Some may ask if it’s even worth it to use IaC in the context of a rehosting migration as there are multiple aspects not managed as code (e.g. file system configuration, software installation, user configuration, etc.).
We enforce Infrastructure as Code across the board, and migrations are not an exception.
There is a misconception that rehosting migrations don’t go well together with IaC deployments. This is mainly because the resource creation (e.g. EC2, EBS, IAM role etc.) is managed by the migration tool (e.g. AWS MGN) and can’t be integrated in the code.
Thankfully, that’s a misconception.
While this sounds obvious to most readers, my personal experience is that it’s not as obvious to others.
Moreover, migrating at scale requires IaC to minimize the manual “ClickOps” effort required to create servers in the Cloud.
In fact, IaC coupled with CI/CD pipelines bring multiple benefits, such as:
- Standardization – Common elements such as EC2/EBS tags, shared security groups rules, IAM policies are managed via code, removing the risk of drift between environments or spelling mistakes. For example, tagging server 1 with backup=daily and server 2 with Backup=daily will likely cause one of the two servers to not be backed up because tags are case sensitive. Using a common Terraform module with mandatory tags will help to mitigate this risk.

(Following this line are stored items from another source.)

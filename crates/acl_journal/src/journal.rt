//! A journal over a disk.

ghost use Rattle.std.specs.Prelude.{◌≡◌, ◌⊎◌, ◌+◌, ◌<◌, ◌≤◌, ◌^◌, ℕ, List, [], ◌∷◌, ◌++◌, false, true, length, IfErr, IfOk, IsOk, OnErr, OnOk};
ghost use Rattle.std.specs.Option.{ForSome};
ghost use Rattle.acl_model.specs.State.{State};
ghost use Rattle.acl_ports.specs.Faults.{HasCause, next_count};
ghost use Rattle.acl_stmt.specs.declared.entry.Entry.{Entry};
ghost use Rattle.canonical_texts.specs.Statements.{canonical_text};
ghost use Rattle.entry_bytes.specs.Spelling.{IsNumber};
ghost use Rattle.entry_codec.specs.ReadBack.{IsReadBack};
ghost use Rattle.journal_bytes.specs.Files.{StandsEitherWay, StandsFor, file_size, most_bytes};
ghost use Rattle.journal_disk.specs.Held.{HasBytesUpTo, Leaves};

use crate::Prepared;
use crate::gate::LastGate;
use acl_ports::{Disk, Failed};
use acl_stmt::Entry;
use journal_disk::{set_gate, write_behind, write_header};
use std::alloc::{AllocError, Global};

// The offset of the first gate.
const FIRST_GATE: u64 = 8;

/// The accepted entries of an account system on a disk, the oldest first. Only where its last gate is stands in memory.
///
/// While the journal is unsettled, the entry of the last append may or may not be on the disk.
#[derive(Drop)]
pub struct Journal<D: Disk> {
    pub(crate) disk: D,
    pub(crate) gate: LastGate,
    pub(crate) settled: bool,
}

impl<D: Disk> Journal<D> {
    ghost use Rattle.acl_journal.specs.Journal.{Appends, IsPrepared, IsSettledFor, IsUnsettledFor, disk_of, is_settled, size_after, size_of};

    /// A journal without entries, on a disk of length 0. An error hands the disk back, and nothing is claimed of its bytes.
    pub fn format(mut disk: D) -> Result<Journal<D>, (Failed, D)>
        requires { ForSome (D.content disk) (λ held. held ≡ []) }
        ensures ok { IfOk result (λ journal. (start : State)
            → IsSettledFor D.content D.moment D.pending start journal []) }
        ensures place { IfOk result (λ journal. HasBytesUpTo (D.content (disk_of journal)) (size_of journal)) }
        ensures kept { IfOk result (λ journal. D.faults disk ≤ D.faults (disk_of journal)) }
        ensures cause { IfErr result (λ refused. next_count (D.faults disk) ≤ D.faults refused.1) }
    {
        match write_header(&mut disk) {
            Ok(()) => Ok(Journal {
                disk,
                gate: LastGate { offset: FIRST_GATE },
                settled: true,
            }),
            Err(failed) => Err((failed, disk)),
        }
    }

    /// The record of an entry, ready to be appended.
    pub fn prepare(&self, alloc: Global, entry: &Entry) -> Result<Prepared, AllocError>
        requires read_back { IsReadBack (canonical_text entry.now.statement) entry.now.statement }
        requires short { length (canonical_text entry.now.statement) < 2 ^ 32 }
        requires count { IsNumber (length entry.now.limits) }
        ensures { IfOk result (λ prepared. IsPrepared prepared entry.now) }
    {
        Prepared::of(alloc, entry)
    }

    /// How many bytes the file has with the entry, up to and with its last gate.
    pub fn bytes_after(&self, prepared: &Prepared) -> u64
        ensures size { result ≡ size_after self.now prepared.now }
        ensures list { (entries : List Entry) (entry : Entry) → size_of self.now ≡ file_size entries
            → IsPrepared prepared.now entry → result ≡ file_size (entries ++ entry ∷ []) }
    {
        self.gate.offset + 1 + prepared.bytes.len() as u64
    }

    /// Adds the entry behind the last one. It takes no memory. An error leaves the journal settled where the gate was not
    /// yet written, and else unsettled.
    pub fn append(&mut self, prepared: &Prepared) -> Result<(), Failed>
        requires place { HasBytesUpTo (D.content (disk_of self.old)) (size_of self.old) }
        requires settled { is_settled self.old ≡ true }
        requires small { size_after self.old prepared.now ≤ most_bytes }
        ensures ok { OnOk result ((start : State) (entries : List Entry) (entry : Entry)
            → Appends D.content D.moment D.pending start self.old entries prepared.now entry
            → IsSettledFor D.content D.moment D.pending start self.new (entries ++ entry ∷ [])) }
        ensures err { OnErr result ((start : State) (entries : List Entry) (entry : Entry)
            → Appends D.content D.moment D.pending start self.old entries prepared.now entry
            → IsSettledFor D.content D.moment D.pending start self.new entries
            ⊎ IsUnsettledFor D.content D.moment D.pending start self.new entries entry) }

        // A crash at any moment of the call leaves a file of the list or of the list with the entry.
        ensures any_moment { (start : State) (entries : List Entry) (entry : Entry)
            → Appends D.content D.moment D.pending start self.old entries prepared.now entry
            → Leaves D.content D.moment D.pending (disk_of self.old) (disk_of self.new) (λ image.
            StandsFor start image entries ⊎ StandsFor start image (entries ++ entry ∷ [])) }
        ensures settled { OnOk result (is_settled self.new ≡ true) }
        ensures place { HasBytesUpTo (D.content (disk_of self.new)) (size_of self.new) }
        ensures cause { HasCause (D.faults (disk_of self.old)) (D.faults (disk_of self.new)) result }
    {
        write_behind(&mut self.disk, self.gate.offset, prepared.bytes.as_slice())?;
        self.settled = false;
        set_gate(&mut self.disk, self.gate.offset, 1)?;
        self.settled = true;
        self.gate = LastGate {
            offset: self.gate.offset + prepared.bytes.len() as u64,
        };
        Ok(())
    }

    /// Whether it is known which entries are on the disk.
    pub fn settled(&self) -> bool
        ensures { result ≡ is_settled self.now }
    {
        self.settled
    }

    /// Takes back the entry of an append that failed, where it may be on the disk. It takes no memory.
    pub fn settle(&mut self) -> Result<(), Failed>
        requires { HasBytesUpTo (D.content (disk_of self.old)) (size_of self.old) }

        // A settled journal stays as it is, and nothing of the disk is called.
        ensures quiet { is_settled self.old ≡ true → IsOk result × (self.new ≡ self.old) }
        ensures ok { OnOk result ((start : State) (entries : List Entry) (entry : Entry)
            → IsUnsettledFor D.content D.moment D.pending start self.old entries entry
            → IsSettledFor D.content D.moment D.pending start self.new entries) }
        ensures err { OnErr result ((start : State) (entries : List Entry) (entry : Entry)
            → IsUnsettledFor D.content D.moment D.pending start self.old entries entry
            → IsUnsettledFor D.content D.moment D.pending start self.new entries entry) }
        ensures any_moment { (start : State) (entries : List Entry) (entry : Entry)
            → IsUnsettledFor D.content D.moment D.pending start self.old entries entry
            → Leaves D.content D.moment D.pending (disk_of self.old) (disk_of self.new) (λ image.
            StandsFor start image entries ⊎ StandsFor start image (entries ++ entry ∷ [])) }
        ensures settled { OnOk result (is_settled self.new ≡ true) }
        ensures unsettled { OnErr result (is_settled self.new ≡ false) }
        ensures place { HasBytesUpTo (D.content (disk_of self.new)) (size_of self.new) }
        ensures cause { HasCause (D.faults (disk_of self.old)) (D.faults (disk_of self.new)) result }
    {
        if self.settled {
            return Ok(());
        }
        set_gate(&mut self.disk, self.gate.offset, 0)?;
        self.settled = true;
        Ok(())
    }

    /// The disk, as it is.
    pub fn into_disk(self) -> D
        ensures { result ≡ disk_of self }
    {
        self.disk
    }
}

- Repeatability – Once that a workload has been migrated, if the environment is defined as IaC, it would be simple to create a secondary environment with minimal effort via code. For example, on-premise workloads with no lower environments can be migrated and then cloned in the cloud to have a pre-production environment formally identical to production.
- Compliance Testing – As a best practice, IaC code is coupled with CD pipelines to allow fast and secure deployments. Changes to the infrastructure are only allowed by specific teams and only via pipelines to control compliance aspects. A well designed pipeline would include security and compliance testing, for example to enforce encryption at rest, locked down firewall rules, mandatory tags, etc.
In the next sections I’ll explain two different methods to integrate your IaC tools (and code!) with the infrastructure migrated to the cloud.
For the sake of simplicity, I will limit the examples to Terraform and AWS MGN, but rest assured that the same principles are valid for other IaC tools, like AWS CloudFormation, and other cloud providers.
Prerequisites to integrate IaC with migration tooling
This blog post assumes that you are proficient with AWS MGN (or CloudEndure) and HashiCorp Terraform.
The initial conditions are as follows:
- The development environment (IDE) is ready and configured to work with Terraform commands (e.g. terraform apply/plan, terraform state list etc.) and developers have access to the target AWS Accounts and services.
- The Terraform code has been developed and should include the following resources, defined to reflect the target configuration (we will call this group of resources as mock deployment):
- EC2 instance(s)
- EBS volumes and attachments
- IAM Roles
- Security Groups
- KMS Keys
- The infrastructure has been successfully deployed into your target AWS Account through Terraform (successful plan and apply)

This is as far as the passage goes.